Quella che decrivi sfortunatamente è una prassi comune. 
Se però arriva il fallimento, si richia di rimanere coinvolti con quelli che sono i reati fallimentari di bancarotta... 
Ma quello die reati è un problema per gli amministratori (e consulenti) piuttosto che per i soci. 
Comunque, la loro prassi non è detto che abbia i risulatati sperati... Almeno per quanto riguarda la gestione dell'attività, quanti fornitori troveranno disponibili a lavorare con la loro nuova società?

----------


## Wipperman

purtroppo per come va la giustizia in Italia spesso questa gente la fa franca. Ad ogni modo bisogna dimostrare che hanno spolpato la società con operazioni sottofatturate o con sottrazione dei beni.

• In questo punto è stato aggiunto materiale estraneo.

//! The tables in which entries are written.
ghost use Rattle.std.specs.Prelude.{◌≡◌, true, codes, IfOk, None, Some};
ghost use Rattle.toml.specs.Data.{no_members};
ghost use Rattle.toml.specs.View.{table_view};
ghost use Rattle.vet_base.specs.Name.{is_package_name};
ghost use Rattle.vet_files.specs.EntryTables.{audit_table, entry_table};
ghost use Rattle.vet_files.specs.Field.{names};
ghost use Rattle.vet_files.specs.OfKind.{of_kind};
ghost use Rattle.vet_files.specs.ReadAgain.{IsReadAs, ReadsAudit, ReadsEntry};
ghost use Rattle.vet_files.specs.Tables.{set_data, with_key};

use crate::field::Field;
use crate::keys::{
    CRITERIA, DELTA, END, IMPORTABLE, NOTES, RENEW, START, SUGGEST, USER_ID, VERSION, VIOLATION,
    WHO,
};
use crate::write::put::{put, put_some};
use crate::write::put_sets::put_texts;
use std::alloc::{AllocError, Global};
use toml::Table;
use vet_base::version::VetVersion;
use vet_entries::entry::Entry;
use vet_entries::kind::{Audit, Grant, Kind, Window};

/// The table of an entry.
pub(crate) fn entry_table(alloc: Global, entry: &Entry) -> Result<Table, AllocError>
    ensures table { IfOk result (λ t. table_view t ≡ entry_table entry.now) }
    ensures read { IfOk result (λ t. ReadsEntry entry.now) }
{
    match &entry.kind {
        Kind::Full(version, audit) => audit_table(alloc, entry, audit, VERSION, version),
        Kind::Delta(delta, audit) => audit_table(alloc, entry, audit, DELTA, delta),
        Kind::Violation(req, audit) => audit_table(alloc, entry, audit, VIOLATION, req),
        Kind::Wildcard(window, grant) => wildcard_table(alloc, entry, window, grant),
        Kind::Trusted(window) => trusted_table(alloc, entry, window),
        Kind::Exemption {
            version,
            suggest,
            last_day: _,
        } => exemption_table(alloc, entry, version, *suggest),
    }
}

/// A table with an entry's criteria, whose key comes before all others.
fn with_criteria(alloc: Global, entry: &Entry) -> Result<Table, AllocError>
    ensures put { IfOk result (λ t. table_view t
        ≡ with_key no_members (codes "criteria") (Some (set_data entry.now.criteria))) }
    ensures read { IfOk result (λ t. IsReadAs names (set_data entry.now.criteria) entry.now.criteria) }
    ensures named { is_package_name entry.now.«package» ≡ true }
{
    // Called for its clause that this is a name, since nothing else would be read back.
    let _ = entry.package.as_str();
    let mut table = Table::new(alloc);
    put(alloc, &mut table, CRITERIA, &entry.criteria)?;
    Ok(table)
}

/// The table of an audit, which has its subject at the key of its kind.
fn audit_table<V: Field>(
    alloc: Global,
    entry: &Entry,
    audit: &Audit,
    key: &str,
    subject: &V,
) -> Result<Table, AllocError>
    ensures table { IfOk result (λ t. table_view t
        ≡ audit_table entry.now audit.now key.now (V.written subject.now)) }
    ensures read { IfOk result (λ t.
        ReadsAudit entry.now audit.now × IsReadAs V.told (V.written subject.now) subject.now) }
{
    let mut table = with_criteria(alloc, entry)?;
    put_some(alloc, &mut table, IMPORTABLE, audit.importable.as_ref())?;
    put_some(alloc, &mut table, NOTES, entry.notes.as_ref())?;
    put_texts(alloc, &mut table, WHO, &audit.who)?;
    put(alloc, &mut table, key, subject)?;
    Ok(table)
}

/// The table of a wildcard audit.
fn wildcard_table(
    alloc: Global,
    entry: &Entry,
    window: &Window,
    grant: &Grant,
) -> Result<Table, AllocError>
    ensures table { IfOk result (λ t. table_view t
        ≡ entry_table (of_kind entry.now (Kind.Wildcard window.now grant.now))) }
    ensures read { IfOk result (λ t. ReadsEntry (of_kind entry.now (Kind.Wildcard window.now grant.now))) }
{
    let mut table = with_criteria(alloc, entry)?;
    put(alloc, &mut table, END, &window.last)?;
    put_some(alloc, &mut table, NOTES, entry.notes.as_ref())?;
    put_some(alloc, &mut table, RENEW, grant.renew.as_ref())?;
    put(alloc, &mut table, START, &window.first)?;
    put(alloc, &mut table, USER_ID, &window.user)?;
    put_texts(alloc, &mut table, WHO, &grant.who)?;
    Ok(table)
}

/// The table of a trusted publisher.
fn trusted_table(alloc: Global, entry: &Entry, window: &Window) -> Result<Table, AllocError>
    ensures table { IfOk result (λ t. table_view t ≡ entry_table (of_kind entry.now (Kind.Trusted window.now))) }
    ensures read { IfOk result (λ t. ReadsEntry (of_kind entry.now (Kind.Trusted window.now))) }
{
    let mut table = with_criteria(alloc, entry)?;
    put(alloc, &mut table, END, &window.last)?;
    put_some(alloc, &mut table, NOTES, entry.notes.as_ref())?;
    put(alloc, &mut table, START, &window.first)?;
    put(alloc, &mut table, USER_ID, &window.user)?;
    Ok(table)
}

/// The table of an exemption without a last day. No file has a key for a last day.
fn exemption_table(
    alloc: Global,
    entry: &Entry,
    version: &VetVersion,
    suggest: Option<bool>,
) -> Result<Table, AllocError>
    ensures table { IfOk result (λ t. table_view t
        ≡ entry_table (of_kind entry.now (Kind.Exemption version.now suggest None))) }
    ensures read { IfOk result (λ t. ReadsEntry (of_kind entry.now (Kind.Exemption version.now suggest None))) }
{
    let mut table = with_criteria(alloc, entry)?;
    put_some(alloc, &mut table, NOTES, entry.notes.as_ref())?;
    put_some(alloc, &mut table, SUGGEST, suggest.as_ref())?;
    put(alloc, &mut table, VERSION, version)?;
    Ok(table)
}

In caso di fallimento è tutto più facile perché per mezzo della revocatoria fallimentare è possibile il tentativo di recuperare i beni sottratti alla società in dispregio alla parità di trattamento dei creditori.

----------


## windsnow

Forse potrei chiedere io il fallimento, almeno qualche problema glielo creo?

----------


## PerImpresa

> Forse potrei chiedere io il fallimento, almeno qualche problema glielo creo?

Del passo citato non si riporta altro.